0
votes

I am trying to build a so called "modern data warehouse" using Azure services.

First step is to gather all the data in its native raw format into Azure Data Lake store. For some of the data sources we have no other choice than to use API for consuming the data. There's not much information when searching, therefore I am asking.

Is it possible to define 2 Web Activities in my pipeline that will handle below scenario?

  1. Web1 activity gets an API URL generated from C# (Azure Function). It returns data in JSON format and saves it to Web1.Output - this is working fine.
  2. Web2 activity consumes Web1.Output and saves it into Azure Data Lake as a plain txt file (PUT or POST) - this is needed.

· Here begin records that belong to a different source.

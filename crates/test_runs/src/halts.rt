//! Halts, and faults within them: what stops, in which order, and what a quench halts.

use crate::compare::compare_rows;
use std::test::Fail;
use test_bed::{joined, ran};

const THREE_HELD: &str = "\
tick 1 at 0
node 1 IDLE RUNNING
call 2 start RUNNING
node 2 IDLE RUNNING
call 3 start RUNNING
node 3 IDLE RUNNING
call 4 start RUNNING
node 4 IDLE RUNNING
root 1 RUNNING
halt 1 at 10
call 2 halted
node 2 RUNNING IDLE
call 3 halted
node 3 RUNNING IDLE
call 4 halted
node 4 RUNNING IDLE
node 1 RUNNING IDLE
finish 1 at 10
Done";

const MEMORY_HALTED: &str = "\
tick 1 at 0
node 1 IDLE RUNNING
call 2 start SUCCESS
node 2 IDLE SUCCESS
call 3 start RUNNING
node 3 IDLE RUNNING
root 1 RUNNING
tick 1 at 10
call 3 running FAILURE
node 3 RUNNING FAILURE
node 3 FAILURE IDLE
node 1 RUNNING FAILURE
root 1 FAILURE
node 1 FAILURE IDLE
tick 1 at 10
node 1 IDLE RUNNING
call 3 start RUNNING
node 3 IDLE RUNNING
root 1 RUNNING
halt 1 at 10
node 2 SUCCESS IDLE
call 3 halted
node 3 RUNNING IDLE
node 1 RUNNING IDLE
tick 1 at 10
node 1 IDLE RUNNING
call 2 start SUCCESS
node 2 IDLE SUCCESS
call 3 start RUNNING
node 3 IDLE RUNNING
root 1 RUNNING
finish 1 at 10
node 2 SUCCESS IDLE
call 3 halted
node 3 RUNNING IDLE
node 1 RUNNING IDLE
Done";

const MARK_KEPT: &str = "\
tick 1 at 0
node 1 IDLE RUNNING
node 2 IDLE RUNNING
call 3 start SUCCESS
node 3 IDLE SUCCESS
node 3 SUCCESS IDLE
node 2 RUNNING SUCCESS
call 4 start RUNNING
node 4 IDLE RUNNING
root 1 RUNNING
halt 1 at 0
node 2 SUCCESS IDLE
call 4 halted
node 4 RUNNING IDLE
node 1 RUNNING IDLE
tick 1 at 0
node 1 IDLE RUNNING
call 4 start RUNNING
node 4 IDLE RUNNING
root 1 RUNNING
finish 1 at 0
call 4 halted
node 4 RUNNING IDLE
node 1 RUNNING IDLE
Done";

const IDLE_HALTED: &str = "\
halt 1 at 0
tick 1 at 0
node 1 IDLE RUNNING
call 2 start SUCCESS
node 2 IDLE SUCCESS
node 2 SUCCESS IDLE
node 1 RUNNING SUCCESS
root 1 SUCCESS
node 1 SUCCESS IDLE
halt 1 at 0
finish 1 at 0
Done";

/// Halts of running trees, with the traces of their runs.
#[test]
fn halts_stop_what_runs(rt: HostRuntime) -> Result<(), Fail> {
    compare_rows(
        &rt,
        rt.alloc(),
        &[
            (
                "<Parallel><A/><B/><C/></Parallel>",
                "action A timed 100 / action B timed 100 / action C gate 0 / tick 1 / \
                at 10 / halt 1",
                THREE_HELD,
            ),
            (
                "<SequenceWithMemory><A/><B/></SequenceWithMemory>",
                "condition A when 1 / action B replay 10 FS / tick 1 / at 10 / tick 1 / \
                tick 1 / halt 1 / tick 1",
                MEMORY_HALTED,
            ),
            (
                "<Sequence><RunOnce><A/></RunOnce><B/></Sequence>",
                "condition A when 1 / action B timed 100 / tick 1 / halt 1 / tick 1",
                MARK_KEPT,
            ),
            (
                "<Sequence><A/></Sequence>",
                "condition A when 1 / halt 1 / tick 1 / halt 1",
                IDLE_HALTED,
            ),
        ],
    )?;
    Ok(())
}

const HALT_SCRIPTS: &str = "\
tick 1 at 0
node 1 IDLE RUNNING
call 2 start RUNNING
node 2 IDLE RUNNING
root 1 RUNNING
halt 1 at 0
call 2 halted
node 2 RUNNING IDLE
node 1 RUNNING IDLE
board 1 0 a 1
board 1 0 s 1
finish 1 at 0
Done";

const CLOSED_GATE: &str = "\
tick 1 at 0
node 1 IDLE RUNNING
call 2 start RUNNING
node 2 IDLE RUNNING
root 1 RUNNING
set x 0 at 0
fact x 0
tick 1 at 0
fault 1 2 ZeroDivisor
quench 1 2
Fault";

/// The scripts of a halt run from the lowest node up.
#[test]
fn scripts_of_halts_run_from_below(rt: HostRuntime) -> Result<(), Fail> {
    compare_rows(
        &rt,
        rt.alloc(),
        &[(
            "<Sequence _onHalted=\"s := a\"><A _onHalted=\"a := 1\"/></Sequence>",
            "action A timed 100 / tick 1 / halt 1",
            HALT_SCRIPTS,
        )],
    )?;
    Ok(())
}

/// A leaf with a fault, whose instance is halted by the quench.
#[test]
fn a_leaf_that_faults_is_released(rt: HostRuntime) -> Result<(), Fail> {
    compare_rows(
        &rt,
        rt.alloc(),
        &[(
            "<Sequence><G/></Sequence>",
            "fact x 2 / action G gate 0/x / tick 1 / set x 0 / tick 1",
            CLOSED_GATE,
        )],
    )?;
    Ok(())
}

/// A robot that holds two arms while it is safe, and then it is not safe.
const OK_TURNS_FALSE: &str = "\
fact ok 1 / condition Ok is ok == 1 / action A timed 100 / action B timed 100 / \
tick 1 / set ok 0 / tick 1";

const BOTH_HELD: &str = "\
tick 1 at 0
node 1 IDLE RUNNING
call 2 start SUCCESS
node 2 IDLE SUCCESS
node 3 IDLE RUNNING
call 4 start RUNNING
node 4 IDLE RUNNING
call 5 start RUNNING
node 5 IDLE RUNNING
node 2 SUCCESS IDLE
root 1 RUNNING
set ok 0 at 0
fact ok 0
tick 1 at 0
call 2 start FAILURE
node 2 IDLE FAILURE
node 2 FAILURE IDLE
call 4 halted
node 4 RUNNING IDLE
";

/// What follows where none of the halted nodes has a fault: all end.
const BOTH_HALTED: &str = "\
call 5 halted
node 5 RUNNING IDLE
node 3 RUNNING IDLE
node 1 RUNNING FAILURE
root 1 FAILURE
node 1 FAILURE IDLE
finish 1 at 0
Done";

const PARALLEL_FAULTS: &str = "\
call 5 halted
node 5 RUNNING IDLE
node 3 RUNNING IDLE
fault 1 3 ZeroDivisor
Fault";

const FIRST_FAULTS: &str = "\
fault 1 4 ZeroDivisor
quench 1 5
Fault";

const SECOND_FAULTS: &str = "\
call 5 halted
node 5 RUNNING IDLE
fault 1 5 ZeroDivisor
Fault";

/// One tree, with a fault in the halt of each node in turn.
#[test]
fn a_fault_in_a_halt_at_each_node(rt: HostRuntime) -> Result<(), Fail> {
    let alloc = rt.alloc();
    for (nodes, end) in [
        (
            "<ReactiveSequence _onHalted=\"1 / 0\"><Ok/><Parallel><A/><B/></Parallel></ReactiveSequence>",
            BOTH_HALTED,
        ),
        (
            "<ReactiveSequence><Ok _onHalted=\"1 / 0\"/><Parallel><A/><B/></Parallel></ReactiveSequence>",
            BOTH_HALTED,
        ),
        (
            "<ReactiveSequence><Ok/><Parallel _onHalted=\"1 / 0\"><A/><B/></Parallel></ReactiveSequence>",
            PARALLEL_FAULTS,
        ),
        (
            "<ReactiveSequence><Ok/><Parallel><A _onHalted=\"1 / 0\"/><B/></Parallel></ReactiveSequence>",
            FIRST_FAULTS,
        ),
        (
            "<ReactiveSequence><Ok/><Parallel><A/><B _onHalted=\"1 / 0\"/></Parallel></ReactiveSequence>",
            SECOND_FAULTS,
        ),
    ] {
        let want = joined(alloc, &[BOTH_HELD, end])?;
        assert_eq!(rt; ran(alloc, nodes, OK_TURNS_FALSE)?, want, "{nodes}");
    }
    Ok(())
}

const ROOT_FAULTS: &str = "\
tick 1 at 0
node 1 IDLE RUNNING
call 2 start RUNNING
node 2 IDLE RUNNING
root 1 RUNNING
halt 1 at 0
call 2 halted
node 2 RUNNING IDLE
node 1 RUNNING IDLE
fault 1 1 ZeroDivisor
Fault";

pub const FAULT_AT_THE_END: &str = "\
tick 1 at 0
node 1 IDLE RUNNING
call 2 start RUNNING
node 2 IDLE RUNNING
root 1 RUNNING
finish 1 at 0
call 2 halted
node 2 RUNNING IDLE
node 1 RUNNING IDLE
fault 1 1 ZeroDivisor
Fault";

const BRANCH_FAULTS: &str = "\
tick 1 at 0
node 1 IDLE RUNNING
call 2 start SUCCESS
node 2 IDLE SUCCESS
node 3 IDLE RUNNING
call 4 start RUNNING
node 4 IDLE RUNNING
node 2 SUCCESS IDLE
root 1 RUNNING
set ok 0 at 0
fact ok 0
tick 1 at 0
call 2 start FAILURE
node 2 IDLE FAILURE
node 2 FAILURE IDLE
call 4 halted
node 4 RUNNING IDLE
node 3 RUNNING IDLE
fault 1 3 ZeroDivisor
Fault";

/// Halts with faults, which end the run.
#[test]
fn a_fault_in_a_halt_ends_the_run(rt: HostRuntime) -> Result<(), Fail> {
    compare_rows(
        &rt,
        rt.alloc(),
        &[
            (
                "<Sequence _onHalted=\"1 / 0\"><A/></Sequence>",
                "action A timed 100 / tick 1 / halt 1 / tick 1",
                ROOT_FAULTS,
            ),
            (
                "<Sequence _onHalted=\"1 / 0\"><A/></Sequence>",
                "action A timed 100 / tick 1",
                FAULT_AT_THE_END,
            ),
            (
                "<ReactiveSequence><Ok/><Sequence _onHalted=\"1/0\"><B/></Sequence>\
                </ReactiveSequence>",
                "fact ok 1 / condition Ok is ok == 1 / action B timed 100 / tick 1 / \
                set ok 0 / tick 1",
                BRANCH_FAULTS,
            ),
        ],
    )?;
    Ok(())
}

Above scenario is achievable by using Copy activity, but then I am not able to pass dynamic URL generated by Azure Functions. How do I save the JSON output to ADL? Is there any other way?

Thanks!

1

1 Answers

0
votes

Since you are using blob storage as an intermediary, and want to consume the blob upon creation, you could take advantage of Event Triggers. You can set up the Event trigger to run a pipeline containing Web2 activity. Which kicks off when the Web1 activity completes (separate pipeline).

By separating the two activities into separate pipelines, the workflow becomes asynchronous. This means you will not need to wait for both activities to complete before doing the next URL. There are many other benefits as well.